Start of RECORD SET

use crate::rows::answer::CoreAnswer;
use crate::rows::call::CoreCall;
use crate::rows::setup::THREE;
use crate::rows::{CoreRow, assert_answers};
use coll_kinds::{Datatype, Kind, Mode, Signature};

/// Two i16 values of member 0, none of member 1 and one of member 2.
const ROWS: Signature = Signature {
    kind: Kind::Allgatherv,
    mode: Mode::Once,
    root: 0,
    op: None,
    ty: Datatype::I16,
    count: 0,
    each: Some([
        2, 0, 1, 0, 0, 0, 0, 0, 0, 0, 0, 0, 0, 0, 0, 0, 0, 0, 0, 0, 0, 0, 0, 0, 0, 0, 0, 0, 0, 0,
        0, 0, 0, 0, 0, 0, 0, 0, 0, 0, 0, 0, 0, 0, 0, 0, 0, 0, 0, 0, 0, 0, 0, 0, 0, 0, 0, 0, 0, 0,
        0, 0, 0, 0,
    ]),
};

// Each member lends what it gives and six bytes for what it gets: 10, 6 and 8 bytes in all.
const LENT_BY_ROWS: &[CoreRow] = &[
    (CoreCall::PostBytes(0, ROWS, 4), CoreAnswer::Accepted),
    (CoreCall::Lent, CoreAnswer::Lent(10)),
    (CoreCall::PostBytes(1, ROWS, 0), CoreAnswer::Accepted),
    (CoreCall::Lent, CoreAnswer::Lent(16)),
    (CoreCall::PostBytes(2, ROWS, 2), CoreAnswer::Accepted),
    (CoreCall::Lent, CoreAnswer::Lent(24)),
    (CoreCall::Rest, CoreAnswer::Accepted),
    (CoreCall::Lent, CoreAnswer::Lent(24)),
];

#[test]
fn rows_of_three_lend_their_bytes(rt: HostRuntime) {
    assert_answers(&rt, rt.alloc(), &THREE, LENT_BY_ROWS);
}
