//! An engine that makes the calls of a row.

use crate::rows::answer::CoreAnswer;
use crate::rows::call::CoreCall;
use crate::rows::calls;
use crate::rows::setup::{CoreSetup, PAIR};
use coll_core::{Contribution, Core, Offer, Work};
use coll_kinds::{Refusal, Signature, Ticket};
use coll_plans::{Plan, plan};
use std::alloc::Global;
use std::mem;

/// An engine with the requests that a row made, and the combination that the row holds.
pub struct CoreDriver {
    alloc: Global,
    core: Core,
    size: u8,
    tickets: Vec<Ticket>,
    held: Option<Work>,
}

/// What a post of these values hands in, or why it can't.
fn offer(
    alloc: Global,
    sig: Signature,
    size: u8,
    member: u8,
    values: &[u8],
) -> Result<Offer, Refusal> {
    Ok(Offer {
        plan: plan_of(alloc, sig, size, member)?,
        bytes: bytes_of(alloc, values)?,
    })
}

/// What a post of this number of bytes hands in, or why it can't.
fn offer_of_bytes(
    alloc: Global,
    sig: Signature,
    size: u8,
    member: u8,
    count: u8,
) -> Result<Offer, Refusal> {
    let plan = plan_of(alloc, sig, size, member)?;
    let mut bytes = Vec::new(alloc);
    for byte in 0..count {
        bytes.push(byte)?;
    }
    Ok(Offer {
        plan,
        bytes: Contribution::new(bytes),
    })
}

/// A member's plan; `Torn` if there is no such member.
fn plan_of(alloc: Global, sig: Signature, size: u8, member: u8) -> Result<Plan, Refusal> {
    if member >= size || size > 64 {
        return Err(Refusal::Torn);
    }
    plan(alloc, sig, size, member)
}

/// The bytes of i32 values, each from 0 to 255.
fn bytes_of(alloc: Global, values: &[u8]) -> Result<Contribution, Refusal> {
    let mut bytes = Vec::new(alloc);
    for value in values {
        bytes.extend_from_slice(&[*value, 0, 0, 0])?;
    }
    Ok(Contribution::new(bytes))
}

/// What a post of as many i32 values as the signature's count hands in, each of them this value, or why it can't.
fn offer_of_equal(
    alloc: Global,
    sig: Signature,
    size: u8,
    member: u8,
    value: u8,
) -> Result<Offer, Refusal> {
    let values = Vec::from_elem(alloc, value, sig.count as usize)?;
    offer(alloc, sig, size, member, values.as_slice())
}

impl CoreDriver {
    pub fn open(alloc: Global, setup: &CoreSetup) -> Result<CoreDriver, Refusal> {
        let core = calls::open(alloc, setup)?;
        Ok(CoreDriver {
            alloc,
            core,
            size: setup.ranks,
            tickets: Vec::new(alloc),
            held: None,
        })
    }

    /// Ends the row. The combination that it holds is discarded together with its engine.
    pub fn close(self) {
        let CoreDriver {
            alloc: _,
            core: _,
            size: _,
            tickets: _,
            held,
        } = self;
        discard(held);
    }

    /// Makes a call, and returns its answer.
    pub fn answer(&mut self, call: CoreCall) -> CoreAnswer {
        let all = self.size;
        match call {
            CoreCall::Post(rank, sig, values) => self.post(rank, 0, (sig, all, rank), values),
            CoreCall::PostEqual(rank, sig, value) => self.post_equal(rank, sig, value),
            CoreCall::PostBytes(rank, sig, count) => self.post_bytes(rank, sig, count),
            CoreCall::Offer(rank, comm, planned, values) => self.post(rank, comm, planned, values),
            CoreCall::Init(rank, sig) => self.init(rank, sig),
            CoreCall::Start(rank, request, values) => self.start(rank, request, values),
            CoreCall::Free(rank, request) => self.free(rank, request),
            CoreCall::Phase(rank, request) => calls::phase(&self.core, rank, self.ticket(request)),
            CoreCall::About(request) => calls::about(&self.core, self.ticket(request)),
            CoreCall::Retire(rank, request) => self.retire(rank, request),
            CoreCall::Lent => calls::lent(&self.core),
            CoreCall::Quiet => calls::quiet(&self.core),
            CoreCall::Step => self.step(),
            CoreCall::StepsToWork => self.steps_to_work(),
            CoreCall::Settle => calls::settle(&mut self.core),
            CoreCall::Rest => calls::rest(&mut self.core),
            CoreCall::Commit => self.commit(),
            CoreCall::Abandon => self.abandon(),
            CoreCall::CommitForeign(sig, values) => self.commit_foreign(sig, values),
            CoreCall::AbandonForeign(sig, values) => self.abandon_foreign(sig, values),
        }
    }

    /// A request's ticket; if no request has that number, a ticket of a slot that the engine doesn't have.
    fn ticket(&self, request: usize) -> Ticket {
        match self.tickets.get(request) {
            Some(ticket) => *ticket,
            None => Ticket {
                slot: 4_096,
                generation: 1,
            },
        }
    }

    /// Gives a request the next number.
    fn number(&mut self, made: Result<Ticket, CoreAnswer>) -> CoreAnswer {
        let ticket = match made {
            Ok(ticket) => ticket,
            Err(answer) => return answer,
        };
        match self.tickets.push(ticket) {
            Ok(()) => CoreAnswer::Accepted,
            Err(_) => CoreAnswer::Refused(Refusal::NoMemory),
        }
    }

    fn post(
        &mut self,
        rank: u8,
        comm: u32,
        (sig, size, member): (Signature, u8, u8),
        values: &[u8],
    ) -> CoreAnswer {
        let offered = offer(self.alloc, sig, size, member, values);
        self.post_offered(rank, comm, offered)
    }

    fn post_equal(&mut self, rank: u8, sig: Signature, value: u8) -> CoreAnswer {
        let offered = offer_of_equal(self.alloc, sig, self.size, rank, value);
        self.post_offered(rank, 0, offered)
    }

    fn post_bytes(&mut self, rank: u8, sig: Signature, count: u8) -> CoreAnswer {
        let offered = offer_of_bytes(self.alloc, sig, self.size, rank, count);
        self.post_offered(rank, 0, offered)
    }

    fn post_offered(&mut self, rank: u8, comm: u32, offered: Result<Offer, Refusal>) -> CoreAnswer {
        match offered {
            Ok(offer) => {
                let made = calls::post(&mut self.core, rank, comm, offer);
                self.number(made)
            }
            Err(why) => CoreAnswer::Refused(why),
        }
    }

    fn init(&mut self, rank: u8, sig: Signature) -> CoreAnswer {
        match plan_of(self.alloc, sig, self.size, rank) {
            Ok(plan) => {
                let made = calls::init(&mut self.core, rank, 0, plan);
                self.number(made)
            }
            Err(why) => CoreAnswer::Refused(why),
        }
    }

    fn start(&mut self, rank: u8, request: usize, values: &[u8]) -> CoreAnswer {
        let ticket = self.ticket(request);
        match bytes_of(self.alloc, values) {
            Ok(bytes) => calls::start(&mut self.core, rank, ticket, bytes),
            Err(why) => CoreAnswer::Refused(why),
        }
    }

    fn free(&mut self, rank: u8, request: usize) -> CoreAnswer {
        let ticket = self.ticket(request);
        calls::free(&mut self.core, rank, ticket)
    }

    fn retire(&mut self, rank: u8, request: usize) -> CoreAnswer {
        let ticket = self.ticket(request);
        calls::retire(&mut self.core, rank, ticket)
    }

    fn step(&mut self) -> CoreAnswer {
        let (answer, work) = calls::step(&mut self.core);
        if let Some(work) = work {
            discard(mem::replace(&mut self.held, Some(work)));
        }
        answer
    }

    fn steps_to_work(&mut self) -> CoreAnswer {
        for _step in 0..20 {
            let answer = self.step();
            if matches!(answer, CoreAnswer::Out(..)) {
                return answer;
            }
        }
        CoreAnswer::NoWork
    }

    fn commit(&mut self) -> CoreAnswer {
        match self.held.take() {
            Some(work) => calls::finish(&mut self.core, work),
            None => CoreAnswer::NoWork,
        }
    }

    fn abandon(&mut self) -> CoreAnswer {
        match self.held.take() {
            Some(work) => calls::abandon(&mut self.core, work),
            None => CoreAnswer::NoWork,
        }
    }

    /// Commits another engine's combination.
    fn commit_foreign(&mut self, sig: Signature, values: [u8; 2]) -> CoreAnswer {
        match self.foreign(sig, values) {
            Some(work) => calls::finish(&mut self.core, work),
            None => CoreAnswer::NoWork,
        }
    }

    /// Abandons another engine's combination.
    fn abandon_foreign(&mut self, sig: Signature, values: [u8; 2]) -> CoreAnswer {
        match self.foreign(sig, values) {
            Some(work) => calls::abandon(&mut self.core, work),
            None => CoreAnswer::NoWork,
        }
    }

    /// Another engine's combination; None if one is held here and has another ticket.
    fn foreign(&self, sig: Signature, values: [u8; 2]) -> Option<Work> {
        let foreign = foreign(self.alloc, sig, values).ok()??;
        if let Some(own) = &self.held
            && own.ticket() != foreign.ticket()
        {
            foreign.discard();
            return None;
        }
        Some(foreign)
    }
}

/// Gives up a combination that is held.
fn discard(held: Option<Work>) {
    match held {
        Some(work) => work.discard(),
        None => {}
    }
}

/// The first combination of an engine in which ranks 0 and 1 post equal values, each its own.
fn foreign(
    alloc: Global,
    sig: Signature,
    [first, second]: [u8; 2],
) -> Result<Option<Work>, Refusal> {
    let mut driver = CoreDriver::open(alloc, &PAIR)?;
    driver.post_equal(0, sig, first);
    driver.post_equal(1, sig, second);
    driver.steps_to_work();
    let work = driver.held.take();
    driver.close();
    Ok(work)
}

End of RECORD SET

### WHAT TO WORK ON
Report, from the entries above, each line where "Option" is found.

### COMPLETED TASK
    held: Option<Work>,
    fn foreign(&self, sig: Signature, values: [u8; 2]) -> Option<Work> {
fn discard(held: Option<Work>) {
) -> Result<Option<Work>, Refusal> {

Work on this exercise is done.